'''
// The options with a number.
ghost use Rattle.std.specs.Prelude.{◌≡◌, ℕ, ◌<◌, ◌^◌, IfSome};
ghost use Rattle.std.specs.Fmt.{decimal};
ghost use Rattle.cl_words.specs.Calls.Options.{option_of, rows};
ghost use Rattle.cl_words.specs.Command.{HasNumber};

use crate::matched::text_of;
use clap::ArgMatches;

/// An option with a number.
#[derive(Clone, Copy)]
pub(crate) struct NumberOption {
    pub name: &'static str,
    pub least: u32,
    pub most: u32,
    /// The word that stands for it where it is not given.
    pub default: Option<&'static str>,
}

pub(crate) const UNWIND: NumberOption = NumberOption {
    name: "unwind",
    least: 0,
    most: 100,
    default: Some("16"),
};

pub(crate) const FRAMES: NumberOption = NumberOption {
    name: "frames",
    least: 1,
    most: 255,
    default: Some("16"),
};

pub(crate) const DEPTH: NumberOption = NumberOption {
    name: "depth",
    least: 1,
    most: 4,
    default: Some("2"),
};

pub(crate) const STRING: NumberOption = NumberOption {
    name: "string",
    least: 0,
    most: 255,
    default: Some("32"),
};

pub(crate) const ARRAY: NumberOption = NumberOption {
    name: "array",
    least: 0,
    most: 255,
    default: Some("16"),
};

pub(crate) const BUDGET: NumberOption = NumberOption {
    name: "budget",
    least: 0,
    most: 1_000_000,
    default: Some("0"),
};

pub(crate) const JOBS: NumberOption = NumberOption {
    name: "jobs",
    least: 1,
    most: 16,
    default: Some("1"),
};

pub(crate) const MAKE: NumberOption = NumberOption {
    name: "make",
    least: 1,
    most: 200,
    default: None,
};

/// The number that a text writes in decimal digits, without a sign or a leading zero.
fn number_in(text: &str) -> Option<u32>
    ensures found { IfSome result (λ number. text.now ≡ decimal number) }
    ensures only { (number : ℕ) → number < 2 ^ 32 → text.now ≡ decimal number → result ≡ Some number }
{
    let bytes = text.as_bytes();
    let first = *bytes.first()?;
    if first == b'0' {
        return (bytes.len() == 1).then_some(0);
    }
    if first == b'+' {
        return None;
    }
    text.parse().ok()
}

/// The number of an option.
pub(crate) fn number_of(matches: &ArgMatches<'_>, option: NumberOption) -> Option<u32>
    ensures found { IfSome result (λ number. HasNumber (rows matches.now) (option_of option) number) }
    ensures only { (number : ℕ) → HasNumber (rows matches.now) (option_of option) number → result ≡ Some number }
{
    let number = number_in(text_of(matches, option.name)?)?;
    if number < option.least || number > option.most {
        return None;
    }
    Some(number)
}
'''
# WHAT THIS TASK INVOLVES
The records above must be retyped in full. Keep each one exactly as it is.

# ANSWER SPACE
// The options with a number.
ghost use Rattle.std.specs.Prelude.{◌≡◌, ℕ, ◌<◌, ◌^◌, IfSome};
ghost use Rattle.std.specs.Fmt.{decimal};
ghost use Rattle.cl_words.specs.Calls.Options.{option_of, rows};
ghost use Rattle.cl_words.specs.Command.{HasNumber};

use crate::matched::text_of;
use clap::ArgMatches;

/// An option with a number.
#[derive(Clone, Copy)]
pub(crate) struct NumberOption {
    pub name: &'static str,
    pub least: u32,
    pub most: u32,
    /// The word that stands for it where it is not given.
    pub default: Option<&'static str>,
}

pub(crate) const UNWIND: NumberOption = NumberOption {
    name: "unwind",
    least: 0,
    most: 100,
    default: Some("16"),
};

pub(crate) const FRAMES: NumberOption = NumberOption {
    name: "frames",
    least: 1,
    most: 255,
    default: Some("16"),
};

pub(crate) const DEPTH: NumberOption = NumberOption {
    name: "depth",
    least: 1,
    most: 4,
    default: Some("2"),
};

pub(crate) const STRING: NumberOption = NumberOption {
    name: "string",
    least: 0,
    most: 255,
    default: Some("32"),
};

pub(crate) const ARRAY: NumberOption = NumberOption {
    name: "array",
    least: 0,
    most: 255,
    default: Some("16"),
};

pub(crate) const BUDGET: NumberOption = NumberOption {
    name: "budget",
    least: 0,
    most: 1_000_000,
    default: Some("0"),
};

pub(crate) const JOBS: NumberOption = NumberOption {
    name: "jobs",
    least: 1,
    most: 16,
    default: Some("1"),
};

pub(crate) const MAKE: NumberOption = NumberOption {
    name: "make",
    least: 1,
    most: 200,
    default: None,
};

/// The number that a text writes in decimal digits, without a sign or a leading zero.
fn number_in(text: &str) -> Option<u32>
    ensures found { IfSome result (λ number. text.now ≡ decimal number) }
    ensures only { (number : ℕ) → number < 2 ^ 32 → text.now ≡ decimal number → result ≡ Some number }
{
    let bytes = text.as_bytes();
    let first = *bytes.first()?;
    if first == b'0' {
        return (bytes.len() == 1).then_some(0);
    }
    if first == b'+' {
        return None;
    }
    text.parse().ok()
}

/// The number of an option.
pub(crate) fn number_of(matches: &ArgMatches<'_>, option: NumberOption) -> Option<u32>
    ensures found { IfSome result (λ number. HasNumber (rows matches.now) (option_of option) number) }
    ensures only { (number : ℕ) → HasNumber (rows matches.now) (option_of option) number → result ≡ Some number }
{
    let number = number_in(text_of(matches, option.name)?)?;
    if number < option.least || number > option.most {
        return None;
    }
    Some(number)
}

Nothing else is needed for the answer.